# The Lorax



## JimC1946 (Aug 6, 2009)

My wife and I both enjoyed The Lorax - Dr. Seuss. We haven't seen the movie yet, but our nieces and a nephew are dying to see it, so we'll probably take them next weekend. The app/book is a deal for $0.99, since most of the Dr. Seuss books are $1.99-$2.99.


----------



## TraceyC/FL (Mar 23, 2011)

Thanks for mentioning this - I picked up the iPad version for 99 cents! I don't think we even have the book, so this is good!


----------



## Guest (Mar 5, 2012)

The New York Times slammed the movie all the way around for being a commercial abomination that flies in the face of everything the book is about. http://movies.nytimes.com/2012/03/02/movies/dr-seuss-the-lorax-with-ed-helms-and-danny-devito.html


----------



## mom133d (aka Liz) (Nov 25, 2008)

I purchased 5 of the Seuss apps on Friday. I told my little man about them Saturday morning, his eyes lit up, asked if it had The Lorax. He then asked me how many books did Dr. Seuss write and how many did he have. Sounds like someone has the reading bug! (He's 5 and is almost reading at the first grade level.)

_edited to correct spelling_


----------



## JimC1946 (Aug 6, 2009)

I downloaded "What Was I Scared Of?" this morning. It's shorter than "The Lorax," but it's another cute story.

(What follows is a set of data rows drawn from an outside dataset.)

//! Standard input, and the waits for it.
use crate::terminal::is_in_front;
use crate::traits::TimedRead;
use mio::unix::SourceFd;
use mio::{Events, Interest, Poll, Token};
use std::alloc::Global;
use std::fs::Files;
use std::io;
use std::io::{ErrorKind, Read};
use std::net::Net;
use std::os::fd::RawFd;
use std::time::Duration;

/// The descriptor of standard input.
const STANDARD_INPUT: RawFd = 0;

/// The token of standard input among what a wait finds.
const INPUT: Token = Token(0);

/// The error of a descriptor that isn't open for reading (errno(3), EBADF).
const BAD_DESCRIPTOR: i32 = 9;

/// Tests whether a read failed because the descriptor isn't open for reading.
fn is_not_open(read: &io::Result<usize>) -> bool {
    match read {
        Ok(_) => false,
        Err(error) => error.raw_os_error() == Some(BAD_DESCRIPTOR),
    }
}

/// Standard input. A wait for it takes no longer than the given time. A regular file, which can't be waited for, is
/// read at once. A terminal is read only while this process is in its foreground. If the descriptor isn't open for
/// reading, the input has ended.
#[derive(Drop)]
pub struct PolledInput<'a, I: Read, F: Files> {
    reader: &'a mut I,
    files: &'a F,
    is_terminal: bool,
    poll: Poll,
    can_wait: bool,
    found: Events,
    most_ms: u64,
}

impl<'a, I: Read, F: Files + AllocGlobal> PolledInput<'a, I, F> {
    /// Makes a reader of standard input. The reader that it is given must not read ahead.
    pub fn new<R: Net>(
        rt: &R,
        alloc: Global,
        reader: &'a mut I,
        files: &'a F,
        is_terminal: bool,
    ) -> io::Result<PolledInput<'a, I, F>> {
        let poll = Poll::new(rt)?;
        let registry = poll.registry();
        let can_wait = registry
            .register(&mut SourceFd(&STANDARD_INPUT), INPUT, Interest::READABLE)
            .is_ok();
        Ok(PolledInput {
            reader,
            files,
            is_terminal,
            poll,
            can_wait,
            found: Events::with_capacity(alloc, 1)?,
            most_ms: 0,
        })
    }

    /// Registers standard input again, so that a wait also finds what came before it.
    fn note_input(&mut self) -> io::Result<()> {
        let registry = self.poll.registry();
        let noted = registry.reregister(&mut SourceFd(&STANDARD_INPUT), INPUT, Interest::READABLE);
        if noted.is_ok() {
            return Ok(());
        }
        registry.register(&mut SourceFd(&STANDARD_INPUT), INPUT, Interest::READABLE)
    }

    /// Waits until there is something to read, or the end, and returns whether there is in time.
    fn wait_readable(&mut self) -> io::Result<bool> {
        if self.is_terminal && !is_in_front(self.files) {
            let _was_noted = self
                .poll
                .registry()
                .deregister(&mut SourceFd(&STANDARD_INPUT));
        } else {
            self.note_input()?;
        }
        let most = Duration::from_millis(self.most_ms);
        self.poll.poll(&mut self.found, Some(most))?;
        Ok(self.found.iter().any(|event| event.token() == INPUT))
    }
}

impl<'a, I: Read, F: Files + AllocGlobal> Read for PolledInput<'a, I, F> {
    fn read(&mut self, buf: &mut [u8]) -> io::Result<usize> {
        if self.can_wait && !self.wait_readable()? {
            return Err(io::Error::from(ErrorKind::WouldBlock));
        }
        let read = self.reader.read(buf);
        if is_not_open(&read) {
            return Ok(0);
        }
        read
    }
}

impl<'a, I: Read, F: Files + AllocGlobal> TimedRead for PolledInput<'a, I, F> {
    ghost use Rattle.std.specs.Prelude.{◌≡◌};

    ghost may_wait = { λ s ms. s.most_ms ≡ ms };

    fn set_timeout(&mut self, most_ms: u64) {
        self.most_ms = most_ms;
    }
}
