//! The names of initiations that were granted.
ghost use Rattle.std.specs.Prelude.{◌≡◌, false, IfSome, IfNone};
ghost use Rattle.step_core.specs.declared.names.AwaitedName.{AwaitedName};
ghost use Rattle.step_core.specs.Names.{is_of_grant};
ghost use Rattle.step_core.specs.States.{is_grant_of_name};

use commit_core::LspName;
use lsp_base::{Part, Path};
use sequence::PlainData;
use std::alloc::AllocError;

/// The name of an LSP that was granted and that no report has named yet: its grant has no PLSP-ID.
#[derive(Debug, Drop)]
pub struct AwaitedName {
    pub peer: u32,
    /// The SRP-ID of the grant.
    pub srp: u32,
    pub name: LspName,
}

impl PlainData for AwaitedName {
    fn copy(&self) -> Result<AwaitedName, AllocError> {
        Ok(AwaitedName {
            peer: self.peer,
            srp: self.srp,
            name: self.name.copy()?,
        })
    }
}

/// A grant, by its peer and SRP-ID.
#[derive(Clone, Copy, Debug, PartialEq, Eq, Hash)]
pub(crate) struct GrantKey {
    pub peer: u32,
    pub srp: u32,
}

/// Returns the SRP-ID of a grant that no report has bound yet. `None` for any other path.
pub(crate) fn unbound_srp(path: &Path) -> Option<u32>
    ensures grant { IfSome result (λ srp. (a : AwaitedName) → is_grant_of_name a path.now ≡ is_of_grant path.now.peer srp a) }
    ensures none { IfNone result ((a : AwaitedName) → is_grant_of_name a path.now ≡ false) }
{
    if path.plsp.number() != 0 {
        return None;
    }
    match path.part {
        Part::Granted(srp) => Some(srp),
        Part::Reported(_) => None,
    }
}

I hope the developer does an app for "McElligot's Pool," one of my favorites.


----------



## Hadou (Jun 1, 2011)

My kid is gonna flip when he sees this.  He's been wanting to go see The Lorax since he saw the ad for it.


----------



## Cyanide5000 (Aug 30, 2010)

This is all over Facebook and twitter, and i just... don't get it! why is everyone raving about it? seems i missed the boat on this one. Then again I'm not really a fan of Dr Seuss type stuff, so it's not much of a surprise.


----------



## HappyGuy (Nov 3, 2008)

Just because a book CAN be made into a movie doesn't mean it SHOULD be! The Dr. Seuss books stand on their own and I have yet to see a movie that comes close to keeping the ambiance of the book; sadly, most of them fall very far from the mark. You can't take a book that can be read by a child in 1/2 hour and make it into a feature length movie without compromising the "look and feel" of the original. Just my opinion.


----------



## Guest (Mar 6, 2012)

HappyGuy said:


> Just because a book CAN be made into a movie doesn't mean it SHOULD be! The Dr. Seuss books stand on their own and I have yet to see a movie that comes close to keeping the ambiance of the book; sadly, most of them fall very far from the mark. You can't take a book that can be read by a child in 1/2 hour and make it into a feature length movie without compromising the "look and feel" of the original. Just my opinion.


I'll agree that all of these recent ones, both live action and computer generated, have been a big turn-off. Let's not forget about the classic How the Grinch Stole Christmas movie though. Even though there's some very dated music, it's still a faithful reproduction and a great visual experience.


----------



## R. M. Reed (Nov 11, 2009)

foreverjuly said:


> I'll agree that all of these recent ones, both live action and computer generated, have been a big turn-off. Let's not forget about the classic How the Grinch Stole Christmas movie though. Even though there's some very dated music, it's still a faithful reproduction and a great visual experience.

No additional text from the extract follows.